Less than three miles away from the main cross roads of tiny bog roads in the Sally Gap is our place. At the moment we are paying the price for again living in an environment where people sometimes feel a loose or unwanted pet doesn't cause a problem. This week it's a (probably once domesticated) billy goat with full horns. He is stressed, confused, and making our life pretty much hell. On the lane outside our house he is now challenging cars, chasing sheep belonging to our next door farmer into wire fences and freaking the crap out of all animals in the area including "rescue and rehab" - our two re-homed horses and ponies, one of which nearly landed me in hospital today by knocking me over on the road in front of a car. He's 600 kilos. I'm not.
|The Sally Gap Wicklow, Ireland|
Ringing the Gardai isn't an option. I've done so and they've said "not our job love". As anyone knows living in an environment like this there are few people or agencies around to help you out. In the past I've collected loose and abandoned horses on roads in my own trailer and on my own time. One of them resulted in me getting personal threats and night time visitors at home. The Irish Horse Welfare Trust is brilliant at rescuing equines on limited resources and pursuing prosecutions for neglect and welfare abuses. But with animals that come between the livestock and pet categories it's much more difficult. Often the code is in the country - don't call anyone, shoot it and say nothing.

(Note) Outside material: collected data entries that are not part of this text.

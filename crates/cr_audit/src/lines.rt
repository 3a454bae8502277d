//! The line that comes next in a log, and whether it is right.

ghost use Rattle.std.specs.Prelude.{◌≡◌, ◌↔◌, true, IsTrue, IfOk, IfErr};
ghost use Rattle.cr_model.specs.Problems.{ProblemParts};
ghost use Rattle.cr_audit.specs.Dues.{dues};
ghost use Rattle.cr_model.specs.Checkpoints.{steps_text};
ghost use Rattle.cr_audit.specs.Examples.{line_of};
ghost use Rattle.cr_audit.specs.Paths.{IsAt};
ghost use Rattle.cr_audit.specs.Audits.{Begins};
ghost use Rattle.cr_audit.specs.Stops.{IsStop, IsRightLine};

use crate::fault::AuditFault;
use crate::judging::holds;
use crate::nodes::is_node_text;
use crate::path::{Path, node_text};
use crate::reading::{take_line, take_verdict};
use crate::verdict::Verdict;
use cr_model::Problem;

/// The verdict of the line that comes next, and what comes after it, where the line is right: it is that of the path's node,
/// if that is due, and its verdict holds. Else why it is not, where it has this number.
pub fn take_right<'a>(
    problem: &Problem,
    path: &Path,
    due: bool,
    text: &'a [u8],
    number: u64,
) -> Result<(Verdict, &'a [u8]), AuditFault>
    requires { IsAt problem.now path.now }
    ensures right { IfOk result (λ x. IsRightLine problem.now (dues problem.now due path.now.node.items) text.now
        (line_of path.now.node.items x.0) x.1.now) }
    ensures due { IfOk result (λ x. due ≡ true) }
    ensures stop { IfErr result (IsStop problem.now (dues problem.now due path.now.node.items) text.now number) }
{
    let (why, rest) = take_due(problem, path, due, text, number)?;
    if holds(problem, path, why) {
        Ok((why, rest))
    } else {
        Err(AuditFault::Verdict(number))
    }
}

// The verdict of the line that comes next, and what comes after it, where it is that of the path's node and this is due.
fn take_due<'a>(
    problem: &Problem,
    path: &Path,
    due: bool,
    text: &'a [u8],
    number: u64,
) -> Result<(Verdict, &'a [u8]), AuditFault>
    requires { IsAt problem.now path.now }
    ensures begins { IfOk result (λ x. Begins problem.now text.now (line_of path.now.node.items x.0) x.1.now) }
    ensures due { IfOk result (λ x. due ≡ true) }
    ensures stop { IfErr result (IsStop problem.now (dues problem.now due path.now.node.items) text.now number) }
{
    let _ = problem.stage();
    if due {
        if let Some((why, rest)) = take_verdict(text, node_text(path)) {
            return Ok((why, rest));
        }
    }
    let Some(((node, why), rest)) = take_line(text) else {
        return Err(AuditFault::Line(number));
    };
    if is_due(path, due, node) {
        return Ok((why, rest));
    }
    if is_node_text(problem, node) {
        Err(AuditFault::Node(number))
    } else {
        Err(AuditFault::Line(number))
    }
}

// Whether the path's node is due, and a text is its.
fn is_due(path: &Path, due: bool, text: &[u8]) -> bool
    ensures { (p : ProblemParts) → IsAt p path.now → IsTrue result ↔ ((due ≡ true) × (text.now ≡ steps_text p path.now.node.items)) }
{
    due && text == node_text(path)
}
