//! Which texts are those of nodes.

ghost use Rattle.std.specs.Prelude.{◌≡◌, ◌<◌, ◌↔◌, ℕ, List, ◌++◌, length, IsTrue, IfSome, IfNone, codes};
ghost use Rattle.cr_model.specs.Books.{lead_text};
ghost use Rattle.cr_audit.specs.Nodes.{IsCallingText, IsNodeText, BeginsWithLead};

use crate::reading::after_word;
use crate::writing::step_of;
use cr_model::Problem;

/// Whether a text is that of a node of the problem's steps.
pub fn is_node_text(problem: &Problem, text: &[u8]) -> bool
    ensures { IsTrue result ↔ IsNodeText problem.now text.now }
{
    is_root(text) || (!text.is_empty() && is_calling_text(problem, text))
}

fn is_root(text: &[u8]) -> bool
    ensures { IsTrue result ↔ (text.now ≡ codes "-") }
{
    text == b"-".as_slice()
}

// Whether a text is one lead's text after another's.
fn is_calling_text(problem: &Problem, text: &[u8]) -> bool
    ensures { IsTrue result ↔ IsCallingText problem.now text.now }
{
    let mut rest = text;
    while !rest.is_empty() {
        match after_lead(problem, rest) {
            Some(others) => rest = others,
            None => return false,
        }
    }
    true
}

// What comes after the text of a lead.
fn after_lead<'a>(problem: &Problem, text: &'a [u8]) -> Option<&'a [u8]>
    ensures some { IfSome result (λ rest. BeginsWithLead problem.now text.now rest.now) }
    ensures none { IfNone result ((rest : List ℕ) → BeginsWithLead problem.now text.now rest → ⊥) }
{
    for step in 0..problem.leads().len() {
        if let Some(rest) = after_step(problem, text, step as u8) {
            return Some(rest);
        }
    }
    None
}

// What comes after the text of the lead of a step.
fn after_step<'a>(problem: &Problem, text: &'a [u8], step: u8) -> Option<&'a [u8]>
    requires { step < length problem.now.leads }
    ensures some { IfSome result (λ rest. text.now ≡ lead_text problem.now step ++ rest.now) }
    ensures none { IfNone result ((rest : List ℕ) → text.now ≡ lead_text problem.now step ++ rest → ⊥) }
{
    let lead = step_of(problem, step);
    let letters = problem.letters();
    if letters.len() > 1 {
        after_word(text, &[letters[usize::from(lead.method)], lead.mark])
    } else {
        after_word(text, &[lead.mark])
    }
}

If loose animals are quiet, the SPCAs might collect if the animal is already penned but again in this area of Wicklow it's tricky .Wicklow SPCA due to dwindling funds cant afford to collect and look after animals like goats. The DSPCA, they sometimes pick up animals outside Dublin but it depends on the nature of the job. A loose dog or injured swan is one thing. An injured cow or dumped goat is another.
|Sheep in the Wicklow uplands|
Lesson here is folks... and I know I don't have to stress this to anyone who reads this blog - do not buy animals you can't cope with once they are fully grown. That cute kid goat at a country fair will grow into a 60 pound guy that is full of territorial and sexually aggressive behaviour with full horns to boot. Unless he's in an environment with plenty of space and is free to behave in his herding and domineering way, this animal is a dangerous weapon in the wrong hands. It's sad to reminisce, but at the last house we lived in near Kilcroney in Enniskerry, the dumped animal of choice was pot-bellied Vietnamese pigs (killed) and decapitated deer; presumably shot for trophies. There was such a pile of rotting animals on the lane at one point that I rang up the council and they replied "Yeah, that's what people are doing. Get used to it."
This evening I found said goat now in the field next to our kitchen. Tomorrow I will have to make a call on it. My local farmer will shoot it if I tell him, or else I can leave the animal to take its chances. As you can imagine these kind of issues come on top of real life trundling on. I'm trying to finish up my food column for a deadline this week, I'm writing script for a piece with Pat Kenny (RTE radio one) on Thursday and a lecture for an Taisce for Saturday on genetically modified foods. We've small children sick with the flu and one of the horses suffering near fatal colic. Fantastic!